* Activity: Please repeat the records, word for word and without gaps.

══ Input

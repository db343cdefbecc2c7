//! Search trees of keys that come in order.
ghost use Rattle.std.specs.Prelude.{◌≡◌, ℕ, ◌-◌, ◌^◌, ◌<◌};
ghost use Rattle.std.specs.Iterator.{IsFinite};
ghost use Rattle.archive_shape_layout.specs.Shape.Shape.{tuple};
ghost use Rattle.archive_shape_layout.specs.Shape.Shapes.{no_shapes};
ghost use Rattle.archive_forms_laws.specs.Fields.{unit_spelling};
ghost use Rattle.archive_forms_laws.specs.Serializing.{HasState};
ghost use Rattle.archive_forms_laws.specs.Taking.{GivesAs};
ghost use Rattle.archive_btree_writing.specs.Built.{BuildsClaimedBy};
ghost use Rattle.archive_btree.specs.Owned.{key_entry, key_of};

use crate::node_writer::NodeWriter;
use crate::ordered::MAX_ENTRIES;
use archive_btree_maps::BTreeSetResolver;
use archive_btree_writing::build_tree_each;
use archive_forms_writing::{ByArchive, Serialize, SerializeEntry};
use archive_shape::{Allocator, Error, Writer};
use std::marker::PhantomData;

/// An iterator over keys, each beside `()`.
#[derive(Drop)]
struct KeyEntries<'a, K, I> {
    keys: I,
    of: PhantomData<&'a K>,
}

impl<'a, K: 'a, I: Iterator<Item = &'a K>> Iterator for KeyEntries<'a, K, I> {
    type Item = (&'a K, &'a ());

    ghost can_next = { λ s. I.can_next s.keys };

    ghost next_gives = { λ s r t. I.next_gives s.keys (key_of r) t.keys };

    ghost remaining = { λ s. I.remaining s.keys };

    fn next(&mut self) -> Option<(&'a K, &'a ())> {
        match self.keys.next() {
            Some(key) => Some((key, &())),
            None => None,
        }
    }

    fn size_hint(&self) -> (usize, Option<usize>) {
        self.keys.size_hint()
    }
}

/// Writes the search tree of the keys of a set, which come in order. `claimed` is the number of keys that come.
///
/// # Errors
///
/// The errors of `serialize_from_ordered_iter`.
pub fn serialize_set_from_ordered_iter<
    'a,
    S: Writer + Allocator,
    K: Serialize<S> + 'a,
    I: Iterator<Item = &'a K>,
    const E: usize,
>(claimed: usize, keys: I, serializer: &mut S) -> Result<BTreeSetResolver, Error>
    requires calls { I.can_next keys × IsFinite (I.remaining keys) }
    requires some { 0 < E }
    requires room { S.failures serializer.old < 2 ^ 64 - 1 }
    requires state { HasState S.pos S.known serializer.old }
    ensures { BuildsClaimedBy E K.Archived.shape (tuple no_shapes) K.spelling unit_spelling S.Writer
        (GivesAs key_entry I.next_gives) (λ r. r.pos) claimed keys
        serializer.old serializer.new result }
{
    if E > MAX_ENTRIES {
        return Err(Error::OutOfMemory);
    }
    let nodes = NodeWriter {
        with: &ByArchive,
        step: &SerializeEntry,
    };
    let entries = KeyEntries {
        keys,
        of: PhantomData,
    };
    let pos = build_tree_each::<(&'a K, &'a ()), S, _, KeyEntries<'a, K, I>, E>(
        claimed,
        entries,
        serializer,
        &nodes,
        PhantomData,
    )?;
    Ok(BTreeSetResolver { pos })
}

════

* Result of the task:
repository db343cdefbecc2c7
//! Search trees of keys that come in order.
ghost use Rattle.std.specs.Prelude.{◌≡◌, ℕ, ◌-◌, ◌^◌, ◌<◌};
ghost use Rattle.std.specs.Iterator.{IsFinite};
ghost use Rattle.archive_shape_layout.specs.Shape.Shape.{tuple};
ghost use Rattle.archive_shape_layout.specs.Shape.Shapes.{no_shapes};
ghost use Rattle.archive_forms_laws.specs.Fields.{unit_spelling};
ghost use Rattle.archive_forms_laws.specs.Serializing.{HasState};
ghost use Rattle.archive_forms_laws.specs.Taking.{GivesAs};
ghost use Rattle.archive_btree_writing.specs.Built.{BuildsClaimedBy};
ghost use Rattle.archive_btree.specs.Owned.{key_entry, key_of};

use crate::node_writer::NodeWriter;
use crate::ordered::MAX_ENTRIES;
use archive_btree_maps::BTreeSetResolver;
use archive_btree_writing::build_tree_each;
use archive_forms_writing::{ByArchive, Serialize, SerializeEntry};
use archive_shape::{Allocator, Error, Writer};
use std::marker::PhantomData;

/// An iterator over keys, each beside `()`.
#[derive(Drop)]
struct KeyEntries<'a, K, I> {
    keys: I,
    of: PhantomData<&'a K>,
}

impl<'a, K: 'a, I: Iterator<Item = &'a K>> Iterator for KeyEntries<'a, K, I> {
    type Item = (&'a K, &'a ());

    ghost can_next = { λ s. I.can_next s.keys };

    ghost next_gives = { λ s r t. I.next_gives s.keys (key_of r) t.keys };

    ghost remaining = { λ s. I.remaining s.keys };

    fn next(&mut self) -> Option<(&'a K, &'a ())> {
        match self.keys.next() {
            Some(key) => Some((key, &())),
            None => None,
        }
    }

    fn size_hint(&self) -> (usize, Option<usize>) {
        self.keys.size_hint()
    }
}

/// Writes the search tree of the keys of a set, which come in order. `claimed` is the number of keys that come.
///
/// # Errors
///
/// The errors of `serialize_from_ordered_iter`.
pub fn serialize_set_from_ordered_iter<
    'a,
    S: Writer + Allocator,
    K: Serialize<S> + 'a,
    I: Iterator<Item = &'a K>,
    const E: usize,
>(claimed: usize, keys: I, serializer: &mut S) -> Result<BTreeSetResolver, Error>
    requires calls { I.can_next keys × IsFinite (I.remaining keys) }
    requires some { 0 < E }
    requires room { S.failures serializer.old < 2 ^ 64 - 1 }
    requires state { HasState S.pos S.known serializer.old }
    ensures { BuildsClaimedBy E K.Archived.shape (tuple no_shapes) K.spelling unit_spelling S.Writer
        (GivesAs key_entry I.next_gives) (λ r. r.pos) claimed keys
        serializer.old serializer.new result }
{
    if E > MAX_ENTRIES {
        return Err(Error::OutOfMemory);
    }
    let nodes = NodeWriter {
        with: &ByArchive,
        step: &SerializeEntry,
    };
    let entries = KeyEntries {
        keys,
        of: PhantomData,
    };
    let pos = build_tree_each::<(&'a K, &'a ()), S, _, KeyEntries<'a, K, I>, E>(
        claimed,
        entries,
        serializer,
        &nodes,
        PhantomData,
    )?;
    Ok(BTreeSetResolver { pos })
}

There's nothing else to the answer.